- Born: Nubia Docter May 26, 2000
- Died: February 11, 2011 (aged 10)
- Cause of death: Homicide by beating
- Body discovered: February 14, 2011 I-95 West Palm Beach, Florida, U.S.
- Parent(s): Jorge and Carmen Barahona (adoptive) Victor Bustillo and Sandra K. Docter (biological)
- Relatives: Victor Barahona (twin brother)

= Murder of Nubia Barahona =

Murder of an American girl

Nubia Docter Barahona was a 10-year-old American girl who was abused and murdered on February 11, 2011. Her body was found February 14, 2011, wrapped in a plastic garbage bag in the bed of her adoptive father's pickup truck on the side of I-95 in West Palm Beach, Florida. Her body had partially decomposed from being covered in chemicals, possibly pesticides.

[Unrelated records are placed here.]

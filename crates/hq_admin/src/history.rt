//! A history as an administrator reads it.

ghost use Rattle.std.specs.Prelude.{◌≡◌, ◌++◌, string_bytes};
ghost use Rattle.hq_memory.specs.Making.{MadeIn};
ghost use Rattle.hq_admin.specs.Lines as lines;

use hq_decisions::histories::last_number;
use hq_kept::{End, Ended, Fate, Status};
use hq_memory::Memory;
use hq_text::queue_id;
use hq_values::Sender;
use std::alloc::AllocError;

fn fate_word(fate: Fate) -> &'static str
    ensures { result.now ≡ lines.fate_word fate }
{
    match fate {
        Fate::Delivered => "delivered",
        Fate::Failed => "failed",
        Fate::Deleted => "deleted",
        Fate::Expired => "expired",
    }
}

/// The text of a status; a hyphen where there is none.
fn shown_status(status: &Option<Status>) -> &str
    ensures { result.now ≡ lines.shown_status status.now }
{
    match status {
        None => "-",
        Some(status) => status.as_str(),
    }
}

/// The sender, and `<>` for the null sender, as the queue report has it.
fn sender_column(sender: &Sender) -> &str
    ensures { result.now ≡ lines.sender_column sender.now }
{
    match sender {
        Sender::Null => "<>",
        Sender::From(address) => address.as_str(),
    }
}

/// Adds its number, when it left, and of which message it was.
#[tactic(auto, unfolding(crate::specs::Lines::numbers_text))]
fn put_numbers<M: Memory>(memory: M, text: &mut String, end: &End) -> Result<(), AllocError>
    ensures { MadeIn M.refused result (λ _. string_bytes text.new
        ≡ string_bytes text.old ++ lines.numbers_text end.now) }
{
    let id = queue_id(memory, end.ended.serial)?;
    memory.write(text, format_args!("{} {} {id}", end.number, end.at.get()))?;
    Ok(())
}

/// Adds what became of it, whose it was, and who it was.
#[tactic(auto, unfolding(crate::specs::Lines::addresses_text))]
fn put_addresses<M: Memory>(memory: M, text: &mut String, ended: &Ended) -> Result<(), AllocError>
    ensures { MadeIn M.refused result (λ _. string_bytes text.new
        ≡ string_bytes text.old ++ lines.addresses_text ended.now) }
{
    let (fate, sender) = (fate_word(ended.fate), sender_column(&ended.sender));
    let recipient = ended.recipient.as_str();
    memory.write(text, format_args!(" {fate} {sender} {recipient}"))?;
    Ok(())
}

/// Adds a status and a text: of the report that it left by, or those that were told of it last.
#[tactic(auto, unfolding(crate::specs::Lines::told_text))]
fn put_told<M: Memory>(memory: M, text: &mut String, ended: &Ended) -> Result<(), AllocError>
    ensures { MadeIn M.refused result (λ _. string_bytes text.new
        ≡ string_bytes text.old ++ lines.told_text ended.now) }
{
    let (status, told) = (shown_status(&ended.status), ended.text.as_str());
    memory.write(text, format_args!(" {status} {told}\n"))?;
    Ok(())
}

/// Adds the line of a recipient that left the queue.
fn put_end<M: Memory>(memory: M, text: &mut String, end: &End) -> Result<(), AllocError>
    ensures { MadeIn M.refused result (λ _. string_bytes text.new
        ≡ string_bytes text.old ++ lines.end_line end.now) }
{
    put_numbers(memory, text, end)?;
    put_addresses(memory, text, &end.ended)?;
    put_told(memory, text, &end.ended)
}

/// Adds that there are more, before this number.
#[tactic(auto, unfolding(crate::specs::Lines::more_line))]
fn put_more<M: Memory>(memory: M, text: &mut String, next: Option<u64>) -> Result<(), AllocError>
    ensures { MadeIn M.refused result (λ _. string_bytes text.new
        ≡ string_bytes text.old ++ lines.more_line next) }
{
    match next {
        None => Ok(()),
        Some(number) => memory.write(text, format_args!("more before {number}\n")),
    }
}

/// The number before which those are that are not told.
pub(crate) fn more_from(ends: &[End], more: bool) -> Option<u64>
    ensures { result ≡ lines.more_from ends.now more }
{
    if more { last_number(ends) } else { None }
}

/// Adds a line for each of these, and that there are more, before this number.
pub(crate) fn put_history<M: Memory>(
    memory: M,
    text: &mut String,
    ends: &[End],
    next: Option<u64>,
) -> Result<(), AllocError>
    ensures { MadeIn M.refused result (λ _. string_bytes text.new
        ≡ string_bytes text.old ++ lines.history_lines ends.now next) }
{
    for end in ends {
        put_end(memory, text, end)?;
    }
    put_more(memory, text, next)
}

Her twin brother, Victor Docter Barahona, was in the cab of the truck with his father, suffering seizures from chemical burns and inhalation of toxic gas. Her adoptive parents Jorge and Carmen Barahona were indicted on charges of first-degree murder, aggravated child abuse and child neglect on March 23, 2011. They face the death penalty if convicted, and are currently being held while awaiting trial.

The case has sparked outrage from Florida citizens and officials regarding the Florida Department of Children and Families' handling of previous allegations of abuse by the Barahonas.

==Background==
Fraternal twins Nubia and Victor Docter were born on May 26, 2000, in Spokane, Washington, to Sandra K. Docter, a mother with drug and alcohol abuse issues. Their mother had borne four children before them, all of whom had been taken from her by the Department of Children and Families (DCF). Nubia was born with congenital adrenal hyperplasia. It was recommended she be placed in a medical foster home, but she was instead allowed to stay with her biological mother, who claimed to be sober.

The twins were removed from their mother's care in 2003 and placed with their father, Victor Bustillo, but they did not stay with him long. In 2004 he was charged with sexual battery of a child not in his care. The twins were placed in foster care, and eventually ended up in the home of Jorge and Carmen Barahona in Miami, Florida. The couple had already adopted an autistic boy. Jorge owned a pest control business; Carmen was a homemaker. Just months after being placed with the Barahonas, a nurse noted that Nubia was missing medical appointments because the Barahonas did not wish to accompany her to these, despite the appointments being required to manage Nubia's ongoing condition. The nurse recommended that the Barahonas not be allowed to adopt the children.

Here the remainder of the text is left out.